## MATERIAL TO PROCESS
----------

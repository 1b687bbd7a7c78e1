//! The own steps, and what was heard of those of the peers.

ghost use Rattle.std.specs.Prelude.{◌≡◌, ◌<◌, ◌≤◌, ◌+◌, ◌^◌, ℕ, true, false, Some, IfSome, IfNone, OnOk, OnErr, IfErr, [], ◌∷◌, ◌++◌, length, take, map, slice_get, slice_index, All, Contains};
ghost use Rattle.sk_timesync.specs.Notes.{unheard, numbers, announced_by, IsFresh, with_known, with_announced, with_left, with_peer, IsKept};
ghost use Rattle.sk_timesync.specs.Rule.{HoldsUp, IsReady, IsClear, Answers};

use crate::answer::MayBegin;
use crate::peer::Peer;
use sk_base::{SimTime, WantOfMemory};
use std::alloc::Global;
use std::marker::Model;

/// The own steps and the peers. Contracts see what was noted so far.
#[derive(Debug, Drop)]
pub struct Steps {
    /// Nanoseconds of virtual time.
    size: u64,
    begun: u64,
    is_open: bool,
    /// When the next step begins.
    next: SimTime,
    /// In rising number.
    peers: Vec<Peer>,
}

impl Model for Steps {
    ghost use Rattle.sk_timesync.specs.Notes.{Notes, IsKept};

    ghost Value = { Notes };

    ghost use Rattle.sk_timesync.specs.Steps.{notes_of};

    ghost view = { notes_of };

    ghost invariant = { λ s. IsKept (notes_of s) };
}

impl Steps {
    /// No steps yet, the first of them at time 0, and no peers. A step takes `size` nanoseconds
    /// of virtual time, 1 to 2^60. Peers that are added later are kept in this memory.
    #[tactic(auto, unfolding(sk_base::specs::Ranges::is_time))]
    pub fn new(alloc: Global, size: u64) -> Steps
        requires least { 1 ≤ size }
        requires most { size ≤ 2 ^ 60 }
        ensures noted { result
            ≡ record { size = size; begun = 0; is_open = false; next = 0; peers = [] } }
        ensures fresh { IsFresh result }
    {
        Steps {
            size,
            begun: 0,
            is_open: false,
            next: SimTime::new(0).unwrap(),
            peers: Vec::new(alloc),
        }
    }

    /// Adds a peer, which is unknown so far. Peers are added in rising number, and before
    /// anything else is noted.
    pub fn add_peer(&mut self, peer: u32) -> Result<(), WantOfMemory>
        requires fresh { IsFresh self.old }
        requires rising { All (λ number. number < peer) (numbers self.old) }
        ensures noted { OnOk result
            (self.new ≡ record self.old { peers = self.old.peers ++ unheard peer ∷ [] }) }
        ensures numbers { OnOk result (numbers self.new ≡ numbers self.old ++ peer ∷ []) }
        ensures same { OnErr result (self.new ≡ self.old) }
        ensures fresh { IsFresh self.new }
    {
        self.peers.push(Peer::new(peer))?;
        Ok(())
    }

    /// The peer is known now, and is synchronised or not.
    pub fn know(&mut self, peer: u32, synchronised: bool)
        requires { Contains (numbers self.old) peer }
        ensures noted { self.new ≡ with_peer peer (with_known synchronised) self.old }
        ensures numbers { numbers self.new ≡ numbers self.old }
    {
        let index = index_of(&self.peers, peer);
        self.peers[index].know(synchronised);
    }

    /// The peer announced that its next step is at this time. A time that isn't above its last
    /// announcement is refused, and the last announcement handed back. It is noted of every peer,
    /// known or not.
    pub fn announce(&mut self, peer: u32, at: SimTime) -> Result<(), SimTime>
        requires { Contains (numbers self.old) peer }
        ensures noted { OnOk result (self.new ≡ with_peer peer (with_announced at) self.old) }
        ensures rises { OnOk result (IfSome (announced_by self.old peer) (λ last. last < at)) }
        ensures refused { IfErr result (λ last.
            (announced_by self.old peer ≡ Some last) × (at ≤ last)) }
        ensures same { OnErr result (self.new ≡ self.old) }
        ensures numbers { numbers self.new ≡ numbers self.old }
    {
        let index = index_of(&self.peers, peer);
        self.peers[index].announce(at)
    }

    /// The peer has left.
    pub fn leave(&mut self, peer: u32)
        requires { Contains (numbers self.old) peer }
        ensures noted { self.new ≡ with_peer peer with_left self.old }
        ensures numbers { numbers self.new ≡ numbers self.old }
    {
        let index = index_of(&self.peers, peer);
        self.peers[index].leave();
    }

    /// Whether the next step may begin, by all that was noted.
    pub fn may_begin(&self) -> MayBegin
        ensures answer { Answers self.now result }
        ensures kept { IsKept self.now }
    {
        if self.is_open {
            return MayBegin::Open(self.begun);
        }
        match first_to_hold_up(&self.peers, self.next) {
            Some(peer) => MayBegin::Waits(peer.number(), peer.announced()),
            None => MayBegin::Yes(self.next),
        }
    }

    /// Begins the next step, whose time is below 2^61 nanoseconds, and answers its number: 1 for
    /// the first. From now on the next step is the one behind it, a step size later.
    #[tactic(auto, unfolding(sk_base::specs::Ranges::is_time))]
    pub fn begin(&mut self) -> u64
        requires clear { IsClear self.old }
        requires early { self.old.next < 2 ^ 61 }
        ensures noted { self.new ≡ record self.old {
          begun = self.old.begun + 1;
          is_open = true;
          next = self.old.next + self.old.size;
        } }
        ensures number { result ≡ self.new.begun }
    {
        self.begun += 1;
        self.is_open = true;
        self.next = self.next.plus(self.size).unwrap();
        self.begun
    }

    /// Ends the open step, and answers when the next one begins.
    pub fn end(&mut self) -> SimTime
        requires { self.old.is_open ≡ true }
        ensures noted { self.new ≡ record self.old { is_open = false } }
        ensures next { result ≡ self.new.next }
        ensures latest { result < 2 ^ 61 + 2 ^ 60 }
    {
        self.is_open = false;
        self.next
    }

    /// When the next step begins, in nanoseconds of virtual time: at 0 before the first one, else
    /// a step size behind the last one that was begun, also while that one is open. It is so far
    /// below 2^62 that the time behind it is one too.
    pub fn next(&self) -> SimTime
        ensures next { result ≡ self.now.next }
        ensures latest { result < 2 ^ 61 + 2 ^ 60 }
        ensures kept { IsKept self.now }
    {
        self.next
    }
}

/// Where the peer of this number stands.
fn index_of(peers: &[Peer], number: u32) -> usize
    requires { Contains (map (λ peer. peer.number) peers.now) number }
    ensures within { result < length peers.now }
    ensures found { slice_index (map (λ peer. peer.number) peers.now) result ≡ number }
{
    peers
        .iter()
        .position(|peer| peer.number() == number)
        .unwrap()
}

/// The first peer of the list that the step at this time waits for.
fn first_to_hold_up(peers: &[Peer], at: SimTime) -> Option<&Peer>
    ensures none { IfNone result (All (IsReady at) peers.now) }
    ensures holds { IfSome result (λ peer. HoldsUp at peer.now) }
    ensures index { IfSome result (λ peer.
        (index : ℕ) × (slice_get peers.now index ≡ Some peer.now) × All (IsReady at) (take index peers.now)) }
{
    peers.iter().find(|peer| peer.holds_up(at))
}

----------

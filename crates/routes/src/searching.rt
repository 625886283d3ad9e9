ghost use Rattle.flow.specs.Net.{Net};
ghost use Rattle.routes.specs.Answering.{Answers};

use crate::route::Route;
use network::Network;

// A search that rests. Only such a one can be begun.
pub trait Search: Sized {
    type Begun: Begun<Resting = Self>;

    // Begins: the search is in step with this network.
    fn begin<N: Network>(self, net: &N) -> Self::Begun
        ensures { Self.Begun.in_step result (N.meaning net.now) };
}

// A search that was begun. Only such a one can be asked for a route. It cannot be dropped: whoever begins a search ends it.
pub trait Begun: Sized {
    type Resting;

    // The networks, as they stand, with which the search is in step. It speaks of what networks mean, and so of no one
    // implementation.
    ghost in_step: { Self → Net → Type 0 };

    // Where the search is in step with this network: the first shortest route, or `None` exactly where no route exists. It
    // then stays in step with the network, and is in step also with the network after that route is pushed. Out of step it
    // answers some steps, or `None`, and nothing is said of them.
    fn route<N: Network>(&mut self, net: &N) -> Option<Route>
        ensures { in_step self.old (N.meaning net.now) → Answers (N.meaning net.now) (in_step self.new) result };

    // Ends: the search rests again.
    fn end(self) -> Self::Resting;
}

----------

## YOUR INSTRUCTIONS
Every line above in which the word "Model" is present must be copied into the answer.

## YOUR SOLUTION
use std::marker::Model;
impl Model for Steps {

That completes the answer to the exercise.